I’ve spent the better part of two years disconnected from people, especially personal relationships. And I think, for about three years before that I was too absorbed in a few specific people, to the exclusion of everything else, including the things that make my identity. This is the thing I have been examining for the past six months or so, since I decided to open my mind to the idea of boundaries.
All my life I’ve been told that this kind of immersiveness is bad, weak, dangerous. Post-mortem analyses of abusive relationships and substance addictions point to this trait as the prime cause. On the other hand, this very thing is also prized when it is labelled ‘passion’, ‘ambition’, ‘dedication’ or ‘loyalty’. So I guess it is neither good or bad, it just depends on the other people that it benefits (or not). Either way, it is a part of my innate nature so I cannot call it good or bad; it just is.

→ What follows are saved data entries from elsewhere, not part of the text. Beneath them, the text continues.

//! Laws of a node alone, over every list of calls of its step.
//!
//! They speak of the definitions that [`crate::solo::Solo`]'s step cites, at the node that it is seen as, and over every
//! engine that keeps an engine's laws.

ghost use Rattle.std.specs.Prelude.{◌≡◌, List, []};
ghost use Rattle.sv_model.specs.Engine.{EngineMeaning, TouchesOnlyHanded, heard_all};
ghost use Rattle.sv_model.specs.Limits.{NamesKeys};
ghost use Rattle.sv_model.specs.Step.{View};
ghost use Rattle.sv_solo.specs.Table.{alone, node_of};
ghost use Rattle.sv_solo.specs.Solo.{IsHistory};
ghost use Rattle.sv_model.specs.Alone.{Call, trace_of};
ghost use Rattle.sv_model.specs.Trace.{Item, asked_of, told_of, AreDistinct};
ghost use Rattle.sv_model.specs.OneContainer.{IsOneContainer, IsAcknowledged, IsServedOnce, active_at};

/// The commits of all steps are a run of one container, in which a request is served without the session that it names
/// only if the container had none since the request came; and the node holds the container's sessions.
pub fn one_container()
    ensures { (m : EngineMeaning) → TouchesOnlyHanded m → NamesKeys m
        → (first end : View) (calls : List Call) → IsHistory m first calls end
        → IsOneContainer m (trace_of m alone (node_of []) calls) (active_at end.node) }
{}

/// Each answer is the container's reply to its request, at the place of the commit that served it; a token is served or
/// refused no more often than a request came under it. So if each request has a token of its own no token is served
/// twice, and none that is refused is served.
pub fn acknowledged()
    ensures each { (m : EngineMeaning) → TouchesOnlyHanded m → NamesKeys m
        → (first end : View) (calls : List Call) → IsHistory m first calls end
        → IsAcknowledged m (trace_of m alone (node_of []) calls) }
    ensures once { (m : EngineMeaning) (trace : List Item) → IsAcknowledged m trace → AreDistinct (asked_of trace) → IsServedOnce trace }
{}

/// Listeners are told the events of the commits, in their order, and nothing else.
pub fn heard()
    ensures { (m : EngineMeaning) → TouchesOnlyHanded m → NamesKeys m
        → (first end : View) (calls : List Call) → IsHistory m first calls end
        → end.heard ≡ heard_all m first.heard (told_of (trace_of m alone (node_of []) calls)) }
{}
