//! Serves requests from a reader to a writer, over a site.

ghost use Rattle.std.specs.Prelude.{◌≡◌, true, false, []};
ghost use Rattle.sv_message.specs.declared.request.RawRequest.{RawRequest as Raw};
ghost use Rattle.sv_target.specs.declared.target.Target.{Target as TargetValue};
ghost use Rattle.sv_connection.specs.Connection.{is_closed, is_single, is_waiting};
ghost use Rattle.sv_connection.specs.Request.{request_of};
ghost use Rattle.sv_connection.specs.declared.outcome.Outcome.TheVariants.{Closed};
ghost use Rattle.sv_solo.specs.Serve.{how, is_parked, sight_of, IsAnswered, IsServed, Stays};

use crate::answer::{manner_of, outputs_of, say_step};
use crate::reading::{Arrived, arrive};
use crate::served::Served;
use std::alloc::Global;
use std::io::{Read, Write};
use sv_connection::{Connection, Outcome};
use sv_model::{Input, Moment, Request, Site};

/// A call that has not stepped the site.
fn unserved(alloc: Global, outcome: Outcome) -> Served
    ensures outcome { result.outcome ≡ outcome }
    ensures outputs { result.outputs.items ≡ [] }
{
    Served {
        outcome,
        outputs: Vec::new(alloc),
    }
}

/// Steps the site by a request that was taken, and says what it answers.
fn ask<W: Write, S: Site>(
    alloc: Global,
    connection: &mut Connection,
    writer: &mut W,
    site: &mut S,
    moment: Moment,
    token: u64,
    request: Request,
) -> Served
    requires valid { S.site_valid site.old }
    requires asked { is_waiting connection.old ≡ true }
    requires was_open { is_closed connection.old ≡ false }
    ensures valid { S.site_valid site.new }
    ensures stays { Stays connection.old connection.new result.outcome }
    ensures answered { (raw : Raw) (target : TargetValue) → request ≡ request_of (is_single connection.old) raw target
        → IsAnswered S.steps (how moment token (is_single connection.old)) raw target site.old site.new (W.contents writer.old)
        (W.contents writer.new) (is_closed connection.new) result }
{
    let manner = manner_of(&request, moment.now);
    let step = site.step(moment, Input::Ask { token, request });
    let outcome = say_step(alloc, connection, writer, token, &step, manner);
    Served {
        outcome,
        outputs: outputs_of(alloc, step),
    }
}

/// Reads one request, steps the site by it as an Ask with the token, and writes what the step says to the
/// token. Not called while an earlier request waits.
///
/// A fault of the message, or of the method and the target, is answered with its plain page and not handed
/// on. Where the site's step is refused for want of room or memory, the answer is a 503 with the cause.
pub fn serve_next<R: Read, W: Write, S: Site>(
    alloc: Global,
    connection: &mut Connection,
    reader: &mut R,
    writer: &mut W,
    site: &mut S,
    moment: Moment,
    token: u64,
) -> Served
    requires valid { S.site_valid site.old }
    requires answered { is_waiting connection.old ≡ false }
    ensures valid { S.site_valid site.new }
    ensures single { is_single connection.new ≡ is_single connection.old }
    ensures waiting { is_waiting connection.new ≡ is_parked result.outcome }
    ensures once_closed { is_closed connection.old ≡ true → (result.outcome ≡ Closed) × (R.remaining reader.new ≡ R.remaining reader.old) }
    ensures served { IsServed S.steps (how moment token (is_single connection.old)) (sight_of connection.old (R.remaining reader.old) (W.contents writer.old) site.old)
        (sight_of connection.new (R.remaining reader.new) (W.contents writer.new) site.new) result }
{
    if connection.closed() {
        return unserved(alloc, Outcome::Closed);
    }
    match arrive(connection, reader) {
        Arrived::Request(request) => ask(alloc, connection, writer, site, moment, token, request),
        Arrived::Refused { fault, head_only } => {
            let outcome = connection.refuse(writer, fault, head_only, moment.now);
            unserved(alloc, outcome)
        }
        Arrived::End => unserved(alloc, Outcome::Closed),
        Arrived::Broken => unserved(alloc, Outcome::ReadFailed),
    }
}
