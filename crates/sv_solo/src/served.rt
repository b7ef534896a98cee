//! What a call did.

use sv_connection::Outcome;
use sv_model::Output;

/// What a call for a connection did.
#[derive(Drop)]
pub struct Served {
    pub outcome: Outcome,
    /// All that the site's step put out, in order; empty if it wasn't stepped.
    pub outputs: Vec<Output>,
}
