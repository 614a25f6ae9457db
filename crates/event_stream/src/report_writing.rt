//! Writing the lines of a report.
ghost use Rattle.std.specs.Prelude.{◌≡◌, ◌+◌, ◌<◌, ◌≤◌, ◌^◌, ◌∷◌, ◌++◌, [], Some, is_some, length, decimal};
ghost use Rattle.std.specs.List.{flat_map};
ghost use Rattle.coherent_machine.specs.Machine.{IsReached};
ghost use Rattle.rv32_decode.specs.Rows.{decoded};
ghost use Rattle.text_fields.specs.Pages.{HasLineRoom, Spells, size};
ghost use Rattle.event_stream.specs.Accesses.{accessed};
ghost use Rattle.event_stream.specs.Comments.{start};
ghost use Rattle.event_stream.specs.Disassembly.{AreKept};
ghost use Rattle.event_stream.specs.Lines as lines;
ghost use Rattle.event_stream.specs.Telling.{report_of};

use crate::accesses::spell_access;
use crate::disassembly::Disassembly;
use crate::report::{Report, hart_of};
use crate::spellings::spell_outcome;
use crate::stalls::put_stall;
use coherent_machine::Machine;
use elf_symbols::Symbols;
use hart::Retired;
use machine_types::{Event, Outcome};
use rv32_decode::decode;
use rv32_exec::Action;
use std::io::{Result, Write};
use text_fields::Page;
use trace_text::{put_log, put_performed, spell_event, spell_retired};

/// An event behind the number of its line in the script, and its outcome.
fn spell_told(page: &mut Page, index: usize, event: Event, outcome: Outcome)
    requires room { HasLineRoom page.old }
    requires few { index + 2 < 2 ^ 64 }
    ensures { page.new ≡ page.old ++ lines.event_text (decimal (index + 2)) event outcome }
{
    page.text(b"E ");
    page.number(index as u64 + 2, b' ');
    spell_event(page, event, b' ');
    spell_outcome(page, outcome);
}

fn put_line_feed<W: Write>(page: &mut Page, out: &mut W) -> Result<()>
    ensures { Spells (W.contents out.old) (W.contents out.new) page.old page.new (10 ∷ []) result }
{
    page.make_room(out)?;
    page.text(b"\n");
    Ok(())
}

/// An event's line.
fn put_event_line<W: Write>(
    page: &mut Page,
    out: &mut W,
    machine: &Machine,
    index: usize,
    event: Event,
    outcome: Outcome,
) -> Result<()>
    requires few { index + 2 < 2 ^ 64 }
    requires reached { IsReached machine.now }
    ensures { Spells (W.contents out.old) (W.contents out.new) page.old page.new (lines.event_line machine.now index event outcome) result }
{
    page.make_room(out)?;
    spell_told(page, index, event, outcome);
    put_stall(page, out, machine, event, outcome)?;
    put_line_feed(page, out)
}

/// An R line up to the end of its instruction, and whether there is one: else the line is whole.
fn spell_start(
    page: &mut Page,
    names: &Symbols,
    instructions: &mut Disassembly,
    hart: u8,
    entry: &Retired,
) -> bool
    requires room { HasLineRoom page.old }
    requires kept { AreKept names.now instructions.old }
    ensures instruction { result ≡ is_some (decoded entry.now.word) }
    ensures value { page.new ≡ page.old ++ start names.now hart entry.now }
    ensures len { length page.new ≤ length page.old + 251 }
    ensures kept { AreKept names.now instructions.new }
{
    if let Some(text) = instructions.text(entry.pc, entry.word) {
        spell_retired(page, hart as u64, entry, b' ');
        page.text(text);
        return true;
    }
    match decode(entry.word) {
        Some(instr) => {
            spell_retired(page, hart as u64, entry, b' ');
            instructions.spell(page, names, entry.pc, entry.word, &instr);
            true
        }
        None => {
            spell_retired(page, hart as u64, entry, b'\n');
            false
        }
    }
}

/// What an instruction did to memory, and the end of its line.
fn spell_end(page: &mut Page, names: &Symbols, action: Action, entry: &Retired)
    requires { HasLineRoom page.old }
    ensures { page.new ≡ page.old ++ (accessed names.now (Some action) entry.now ++ 10 ∷ []) }
{
    spell_access(page, names, action, entry);
    page.text(b"\n");
}

/// The same, where it is known what the instruction was to do.
fn put_end<W: Write>(
    page: &mut Page,
    out: &mut W,
    names: &Symbols,
    action: Option<Action>,
    entry: &Retired,
) -> Result<()>
    requires { length page.old + 1 ≤ size }
    ensures { Spells (W.contents out.old) (W.contents out.new) page.old page.new (accessed names.now action entry.now ++ 10 ∷ []) result }
{
    match action {
        Some(action) => {
            page.make_room(out)?;
            spell_end(page, names, action, entry);
        }
        None => page.text(b"\n"),
    }
    Ok(())
}

/// An R line, with the instruction behind it and what that did to memory.
fn put_entry<W: Write>(
    page: &mut Page,
    out: &mut W,
    names: &Symbols,
    instructions: &mut Disassembly,
    hart: u8,
    action: Option<Action>,
    entry: &Retired,
) -> Result<()>
    requires { AreKept names.now instructions.old }
    ensures line { Spells (W.contents out.old) (W.contents out.new) page.old page.new (lines.retired_line names.now hart action entry.now) result }
    ensures kept { AreKept names.now instructions.new }
{
    page.make_room(out)?;
    if spell_start(page, names, instructions, hart, entry) {
        put_end(page, out, names, action, entry)
    } else {
        Ok(())
    }
}

fn put_entries<W: Write>(
    page: &mut Page,
    out: &mut W,
    names: &Symbols,
    instructions: &mut Disassembly,
    hart: u8,
    action: Option<Action>,
    entries: &[Retired],
) -> Result<()>
    requires { AreKept names.now instructions.old }
    ensures lines { Spells (W.contents out.old) (W.contents out.new) page.old page.new (flat_map (lines.retired_line names.now hart action) entries.now) result }
    ensures kept { AreKept names.now instructions.new }
{
    for entry in entries {
        put_entry(page, out, names, instructions, hart, action, entry)?;
    }
    Ok(())
}

fn spell_number(page: &mut Page, hart: u8, number: u32)
    requires { HasLineRoom page.old }
    ensures { page.new ≡ page.old ++ lines.output_line hart number }
{
    page.text(b"O ");
    page.number(hart as u64, b' ');
    page.number(number as u64, b'\n');
}

fn put_output<W: Write>(page: &mut Page, out: &mut W, hart: u8, output: &[u32]) -> Result<()>
    ensures { Spells (W.contents out.old) (W.contents out.new) page.old page.new (flat_map (lines.output_line hart) output.now) result }
{
    for number in output {
        page.make_room(out)?;
        spell_number(page, hart, *number);
    }
    Ok(())
}

/// The event's line, and the lines of what it made longer.
pub(crate) fn put_report<W: Write>(
    page: &mut Page,
    out: &mut W,
    names: &Symbols,
    instructions: &mut Disassembly,
    report: &Report<'_>,
) -> Result<()>
    requires few { report.now.index + 2 < 2 ^ 64 }
    requires reached { IsReached report.now.machine.now }
    requires kept { AreKept names.now instructions.old }
    ensures lines { Spells (W.contents out.old) (W.contents out.new) page.old page.new (lines.report_lines names.now (report_of report.now)) result }
    ensures kept { AreKept names.now instructions.new }
{
    let hart = hart_of(report.event);
    put_event_line(
        page,
        out,
        report.machine,
        report.index,
        report.event,
        report.outcome,
    )?;
    put_entries(
        page,
        out,
        names,
        instructions,
        hart,
        report.action,
        report.entries,
    )?;
    put_performed(page, out, report.performed)?;
    put_log(page, out, report.log)?;
    put_output(page, out, hart, report.output)
}
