//! Instructions as they stand behind R lines. Those spelled last are kept, so that one that is executed again
//! isn't spelled anew.
ghost use Rattle.std.specs.Prelude.{◌≡◌, ◌+◌, ◌<◌, ◌≤◌, ◌++◌, List, IfSome, Some, length, take};
ghost use Rattle.elf_symbols.specs.Named.{Named};
ghost use Rattle.event_stream.specs.Comments.{comment, commented};
ghost use Rattle.rv32_decode.specs.Rows.{decoded};
ghost use Rattle.text_fields.specs.Pages.{size};

use crate::naming::spell_instruction;
use elf_symbols::Symbols;
use rv32_decode::Instr;
use text_fields::Page;

/// How many instructions are kept.
const PLACES: usize = 64;

/// The longest text that is kept, in bytes.
const LONGEST: usize = 64;

/// How an instruction was spelled, by its address and its word.
#[derive(Clone, Copy)]
pub(crate) struct Kept {
    pc: u32,
    word: u32,
    bytes: [u8; LONGEST],
    len: usize,
    ghost short: { len ≤ 64 },
    ghost room: { length bytes ≡ 64 },
}

/// Instructions that were spelled, each at a place of its address.
#[derive(Drop)]
pub(crate) struct Disassembly {
    kept: [Option<Kept>; PLACES],
    ghost places: { length kept ≡ 64 },
}

/// Where an instruction at this address is kept.
fn place_of(pc: u32) -> usize
    ensures { result < 64 }
{
    pc as usize / 4 % PLACES
}

/// Appends an instruction at this address, behind a semicolon.
fn spell_comment(page: &mut Page, names: &Symbols, pc: u32, instr: &Instr)
    requires { length page.old + 190 ≤ size }
    ensures value { page.new ≡ page.old ++ comment names.now pc instr.now }
    ensures len { length page.new ≤ length page.old + 190 }
{
    page.text(b"; ");
    spell_instruction(page, names, pc, instr);
}

/// These bytes, as they are kept.
fn kept_of(pc: u32, word: u32, text: &[u8]) -> Kept
    requires { length text.now ≤ 64 }
    ensures pc { result.pc ≡ pc }
    ensures word { result.word ≡ word }
    ensures text { take result.len result.bytes ≡ text.now }
{
    let len = text.len();
    let mut bytes = [0; LONGEST];
    bytes[..len].copy_from_slice(text);
    Kept {
        pc,
        word,
        bytes,
        len,
    }
}

impl Disassembly {
    ghost use Rattle.event_stream.specs.Disassembly.{AreKept, IsKeptText};

    /// Nothing is kept.
    pub fn new() -> Disassembly
        ensures { (names : List Named) → AreKept names result }
    {
        Disassembly {
            kept: [None; PLACES],
        }
    }

    /// What stands behind the R line of an instruction, if that is kept.
    pub fn text(&self, pc: u32, word: u32) -> Option<&[u8]>
        ensures text { IfSome result (λ text. IsKeptText self.now pc word text.now) }
        ensures short { IfSome result (λ text. length text.now ≤ 64) }
    {
        match &self.kept[place_of(pc)] {
            Some(kept) if kept.pc == pc && kept.word == word => Some(&kept.bytes[..kept.len]),
            _ => None,
        }
    }

    /// Keeps what stands behind the R line of an instruction, unless it is too long.
    fn keep(&mut self, pc: u32, word: u32, text: &[u8])
        ensures { (names : List Named) → AreKept names self.old → commented names pc word ≡ Some text.now → AreKept names self.new }
    {
        if text.len() <= LONGEST {
            self.kept[place_of(pc)] = Some(kept_of(pc, word, text));
        }
    }

    /// Appends an instruction at this address behind a semicolon, and keeps that.
    pub fn spell(&mut self, page: &mut Page, names: &Symbols, pc: u32, word: u32, instr: &Instr)
        requires room { length page.old + 190 ≤ size }
        requires word { decoded word ≡ Some instr.now }
        requires kept { AreKept names.now self.old }
        ensures value { page.new ≡ page.old ++ comment names.now pc instr.now }
        ensures len { length page.new ≤ length page.old + 190 }
        ensures kept { AreKept names.now self.new }
    {
        let start = page.as_slice().len();
        spell_comment(page, names, pc, instr);
        self.keep(pc, word, &page.as_slice()[start..]);
    }
}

I know now that I am neither a weak, nor clingy, nor needy person. Astrology provides me the only language to explain this. I am water, after all, supremely capable of adapting, of easily taking other shape and form. I may even stand charged with having no colour or taste of my own but it would be wrong to say I possess no identity. Water endures where air merely drifts away, where earth wears away and where fire must die out without fuel. This cannot be anything but persistent identity.
The last week I spent in Pune, let me reflect on these things. Somehow it’s never quiet enough inside my mind, in Mumbai, for me to get to these realisations. And there’s the fact that in Pune, I’m welcome but never expected to be anyone or anything. There are no labels and those that there are, are quieter and more malleable. I guess that’s what a safe space should be like. This trip was good. Settling.
I’ve decided, like consciously made a decision, to build the relationships in my life. This means remembering people beyond the must-do actions and allowing conversations without agenda. It means not agonising over how unproductive or unintelligent I’m being. And it also means allowing myself the vulnerability of saying,
“Hey, I’d really like to meet you. For no reason at all. Will you meet me?”